Cornwall Regional Airport Commission Chairman Frank Prevost, left, and South Glengarry Infrastructure General Manager Ewen MacDonald make a presentation to the Cornwall budget committee on Feb. 27, 2015. The city is looking at a 1.72 per cent increase to its portion of the airport budget. (Cornwall Newswatch/Bill Kingston)

CORNWALL/SOUTH GLENGARRY – A major capital project for the Cornwall Regional Airport is fueling talk about the cost-sharing relationship between the city and South Glengarry.

The airport commission presented its 2015 budget Friday morning, calling for $210,920 – roughly 45 per cent more than 2014.

The city’s prorated portion (85 per cent of the budget) is up 1.72 per cent. Cornwall would be paying $123,800 for the airport – South Glengarry’s share is $10,000.

South Glengarry Deputy Mayor Frank Prevost, who is also the airport commission chairman, told the budget committee a major capital expense is a $115,000 fuel depot to supply so-called “Jet A” fuel.

“Jet A” is a highly refined kerosene-type fuel with some additives, used in jets, turboprop aircraft and most helicopters. It’s available in other regional airports like Kingston and Brockville. Right now, the airstrip in Summerstown only has Avgas, which is a refined gasoline sold to retailers in smaller quantities compared to “Jet A.”

The high ticket item is drawing concerns from some city councillors, who want to revisit the funding agreement, where Cornwall pays 85 per cent of the cost for the airport while South Glengarry pays 15 per cent.

The fuel depot would cost Cornwall taxpayers $97,750. (South Glengarrians would pay $17,250).

“As the municipality, as the council in South Glengarry, we certainly agree with the frustrations that the City of Cornwall has in respect to the agreement,” South Glengarry Deputy Mayor Prevost told Cornwall Newswatch.

Prevost says the 1984 agreement has been in the hands of their municipal lawyer for review for the past eight to nine months. “What those numbers are going to change in regards to the 85-15 per cent split, I have no idea,” Prevost said. The contractual agreement will likely address rights and responsibilities but it will be up to the municipal councils to come to an agreement on cost-sharing.

The airport commission head says the United Counties were approached last year about sharing in the cost of the airport but the majority of county council wasn’t interested because the airport was only a benefit to South Glengarry, South Stormont and the City of Cornwall.
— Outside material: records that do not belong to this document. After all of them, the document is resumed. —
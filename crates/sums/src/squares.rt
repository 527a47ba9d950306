// Squares of numbers that are raised so that none is below nought, worked in words: a machine adds up several at a time.
ghost use Rattle.std.specs.Prelude.{◌≡◌, ◌+◌, ◌-◌, ◌*◌, ◌/◌, ◌%◌, ◌^◌, ◌≤◌, ◌<◌};
ghost use Rattle.wide.specs.Wide.{value, halves};

use wide::Wide;

// Sums over numbers u, with h and l the parts of u above and below 2^22: of h h, of h l, of l l, and of u itself.
#[derive(Clone, Copy)]
pub(crate) struct Parts {
    pub high: u64,
    pub cross: u64,
    pub low: u64,
    pub raised: u64,
}

// The sums with one number more.
pub(crate) fn with_number(parts: Parts, u: u64) -> Parts
    requires { (u ≤ 2 ^ 43) × (parts.high ≤ 2 ^ 60) × (parts.cross ≤ 2 ^ 60) × (parts.low ≤ 2 ^ 60) × (parts.raised ≤ 2 ^ 60) }
    ensures { result ≡ record { high = parts.high + u / 2 ^ 22 * (u / 2 ^ 22); cross = parts.cross + u / 2 ^ 22 * (u % 2 ^ 22); low = parts.low + u % 2 ^ 22 * (u % 2 ^ 22); raised = parts.raised + u } }
{
    // The remainder changes nothing; it shows the compiler that one multiplication of half a word is enough.
    let high = u / PART % HALF_WORD;
    let low = u % PART;
    Parts {
        high: parts.high + high * high,
        cross: parts.cross + high * low,
        low: parts.low + low * low,
        raised: parts.raised + u,
    }
}

// The sum of the squares, from the sums by parts.
pub(crate) fn joined(parts: Parts) -> Wide
    ensures { result ≡ halves (parts.high * 2 ^ 44 + parts.cross * 2 ^ 23 + parts.low) }
{
    let upper = wide::sum(
        wide::product(parts.high, HIGH_WEIGHT),
        wide::product(parts.cross, CROSS_WEIGHT),
    );
    let low = parts.low;
    wide::sum(upper, Wide::from(low))
}

// The sum of squares of count numbers, from the sum of squares and the sum of the numbers raised by m * 2^42.
pub(crate) fn lowered(squares: Wide, raised: u64, m: u64, count: u64) -> Wide
    requires { (m ≤ 10922) × (count ≤ 32768) × (value squares + count * (m * m * 2 ^ 84) < 2 ^ 126) × (raised * (m * 2 ^ 43) ≤ value squares + count * (m * m * 2 ^ 84)) }
    ensures { result ≡ halves (value squares + count * (m * m * 2 ^ 84) - raised * (m * 2 ^ 43)) }
{
    // With c = m * 2^42 and u = z + c, z z is u u + c c - 2 c u; c c is m * m * 2^20 in the high half.
    let more = Wide {
        hi: count * (m * m) * 1048576,
        lo: 0,
    };
    wide::difference(
        wide::sum(squares, more),
        wide::product(raised, m * 8796093022208),
    )
}

// What divides a number's parts: 2^22.
const PART: u64 = 4194304;
// What a product of two high parts stands for: 2^44.
const HIGH_WEIGHT: u64 = 17592186044416;
// What a product of a high and a low part stands for, which comes twice: 2^23.
const CROSS_WEIGHT: u64 = 8388608;
// Half a word: 2^32.
const HALF_WORD: u64 = 4294967296;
The “Jet A” fuel depot comes with the adage of “spend money to make money”. Prevost says having “Jet A” would open up the door for companies looking to lease land for hangers.

“We have a large demand from the larger aircraft in regards to getting jet fuel…we get one or two questions on a monthly basis,” Prevost said.
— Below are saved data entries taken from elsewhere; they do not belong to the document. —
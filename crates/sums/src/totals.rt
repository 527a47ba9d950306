// The sums over a record that was checked: second differences, the window that slides over them, and the totals of their squares. How squares are added up
// in words is left to squares, and how a block of windows is to blocks.
ghost use Rattle.std.specs.Prelude.{◌≡◌, ◌+◌, ◌*◌, ◌^◌, ◌≤◌, ◌<◌, length, ◌-ℤ◌};
ghost use Rattle.laws.specs.Sums.{sum, square};
ghost use Rattle.laws.specs.Lists.{tabulate};
ghost use Rattle.laws.proofs.Squares.{raised};
ghost use Rattle.wide.specs.Wide.{halves};
ghost use Rattle.record.specs.Refusals.{none, record_refusal};
ghost use Rattle.sums.specs.Published.{allan_count, allan_sum, modified_sum, window_sum};
ghost use Rattle.sums.specs.Published.{difference as d};
ghost use Rattle.sums.specs.Answers.{allan_demand};

use crate::blocks::BLOCK;
use crate::squares::Parts;
use crate::{blocks, squares};
use wide::Wide;

// A second difference lies within this many picoseconds either way: 2^42.
const LARGEST_DIFFERENCE: i64 = 4398046511104;

// A record that the Allan sum does not refuse at factor m. The modified sum asks for 3m samples besides.
#[derive(Clone, Copy)]
pub(crate) struct Record<'a> {
    pub samples: &'a [i64],
    pub m: usize,
    ghost unrefused: { record_refusal allan_demand m samples.now ≡ none },
}

// The squares of S_0 to S_j, and S_j.
#[derive(Clone, Copy)]
struct Windows {
    pub j: usize,
    pub window: i64,
    pub total: Wide,
}

impl<'a> Record<'a> {
    // The Allan sum A, from the squares of raised second differences.
    pub(crate) fn allan_total(&self) -> Wide
        ensures { result ≡ halves (allan_sum self.now.m self.now.samples.now) }
    {
        let parts = self.allan_parts();
        let count = self.samples.len() - 2 * self.m;
        squares::lowered(squares::joined(parts), parts.raised, 1, count as u64)
    }

    // The modified sum B. One turn costs the same whatever m is: the window slides.
    pub(crate) fn modified_total(&self) -> Wide
        requires { 3 * self.now.m ≤ length self.now.samples.now }
        ensures { result ≡ halves (modified_sum self.now.m self.now.samples.now) }
    {
        let blocks = self.whole_blocks();
        let mut window = blocks.window;
        let mut total = blocks.total;
        for j in blocks.j..self.samples.len() - 3 * self.m {
            window = self.slid(j, window);
            total = wide::with_square(total, window);
        }
        total
    }

    // As many windows as whole blocks have.
    fn whole_blocks(&self) -> Windows
        requires { 3 * self.now.m ≤ length self.now.samples.now }
        ensures { (result.j + 3 * self.now.m ≤ length self.now.samples.now) × (result.window ≡ window_sum self.now.m self.now.samples.now result.j) × (result.total ≡ halves (sum (result.j + 1) (λ j. square (window_sum self.now.m self.now.samples.now j)))) }
    {
        let mut window = self.first_window();
        let mut total = wide::with_square(Wide { hi: 0, lo: 0 }, window);
        let mut gains = [0i64; BLOCK];
        let count = (self.samples.len() - 3 * self.m) / BLOCK;
        for b in 0..count {
            self.write_gains(BLOCK * b, &mut gains);
            let block = blocks::windows(&gains, self.m as u64, window);
            window = block.window;
            total = wide::sum(total, block.squares);
        }
        Windows {
            j: BLOCK * count,
            window,
            total,
        }
    }

    // What the window gains at each place of a block, written first by itself: a machine works several at a time.
    fn write_gains(&self, j: usize, gains: &mut [i64; BLOCK])
        requires { (j + 128 + 3 * self.now.m ≤ length self.now.samples.now) × (length gains.old ≡ 128) }
        ensures { gains.new ≡ tabulate 128 (λ k. d self.now.m self.now.samples.now (j + k + self.now.m) -ℤ d self.now.m self.now.samples.now (j + k)) }
    {
        for (k, place) in gains.iter_mut().enumerate() {
            *place = self.gain(j + k);
        }
    }

    // What the window gains as it moves on from j: d_(j+m) - d_j, a third difference of the samples.
    fn gain(&self, j: usize) -> i64
        requires { j + 3 * self.now.m < length self.now.samples.now }
        ensures { result ≡ d self.now.m self.now.samples.now (j + self.now.m) -ℤ d self.now.m self.now.samples.now j }
    {
        let samples = self.samples;
        let m = self.m;
        samples[j + 3 * m] - 3 * samples[j + 2 * m] + 3 * samples[j + m] - samples[j]
    }

    // The sums by parts over all second differences, each raised by 2^42.
    fn allan_parts(&self) -> Parts
        ensures { (result.high * 2 ^ 44 + result.cross * 2 ^ 23 + result.low ≡ sum (allan_count self.now.m self.now.samples.now) (λ i. raised (2 ^ 42) (d self.now.m self.now.samples.now i) * raised (2 ^ 42) (d self.now.m self.now.samples.now i))) × (result.raised ≡ sum (allan_count self.now.m self.now.samples.now) (λ i. raised (2 ^ 42) (d self.now.m self.now.samples.now i))) }
    {
        let mut parts = Parts {
            high: 0,
            cross: 0,
            low: 0,
            raised: 0,
        };
        for i in 0..self.samples.len() - 2 * self.m {
            parts = squares::with_number(parts, self.raised_difference(i));
        }
        parts
    }

    // The second difference d_i, raised by 2^42 so that it is not below nought.
    fn raised_difference(&self, i: usize) -> u64
        requires { i + 2 * self.now.m < length self.now.samples.now }
        ensures { (result ≡ raised (2 ^ 42) (d self.now.m self.now.samples.now i)) × (result ≤ 2 ^ 43) }
    {
        (self.difference(i) + LARGEST_DIFFERENCE) as u64
    }

    // S_0, the sum of the first m second differences.
    fn first_window(&self) -> i64
        requires { 3 * self.now.m ≤ length self.now.samples.now }
        ensures { result ≡ window_sum self.now.m self.now.samples.now 0 }
    {
        let mut window: i64 = 0;
        for i in 0..self.m {
            window += self.difference(i);
        }
        window
    }

    // S_(j+1) from S_j.
    fn slid(&self, j: usize, window: i64) -> i64
        requires { (j + 3 * self.now.m < length self.now.samples.now) × (window ≡ window_sum self.now.m self.now.samples.now j) }
        ensures { result ≡ window_sum self.now.m self.now.samples.now (j + 1) }
    {
        window + self.gain(j)
    }

    // The second difference d_i.
    fn difference(&self, i: usize) -> i64
        requires { i + 2 * self.now.m < length self.now.samples.now }
        ensures { result ≡ d self.now.m self.now.samples.now i }
    {
        let samples = self.samples;
        let m = self.m;
        samples[i + 2 * m] - 2 * samples[i + m] + samples[i]
    }
}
Prevost believes they would get their return on investment within three to five years.

Cornwall CAO Norm Levac says a report on the funding formula is expected within “weeks to months” from now.

As for the expansion of the airport, Prevost says that process has been hung up because of a lack of formal support from the previous City of Cornwall administration.

The airport commission needs a letter of support to send to MP Guy Lauzon in order to apply for federal funding.

According to Prevost, the last Cornwall council didn’t give a letter of support because it was afraid there was a financial commitment attached to the letter.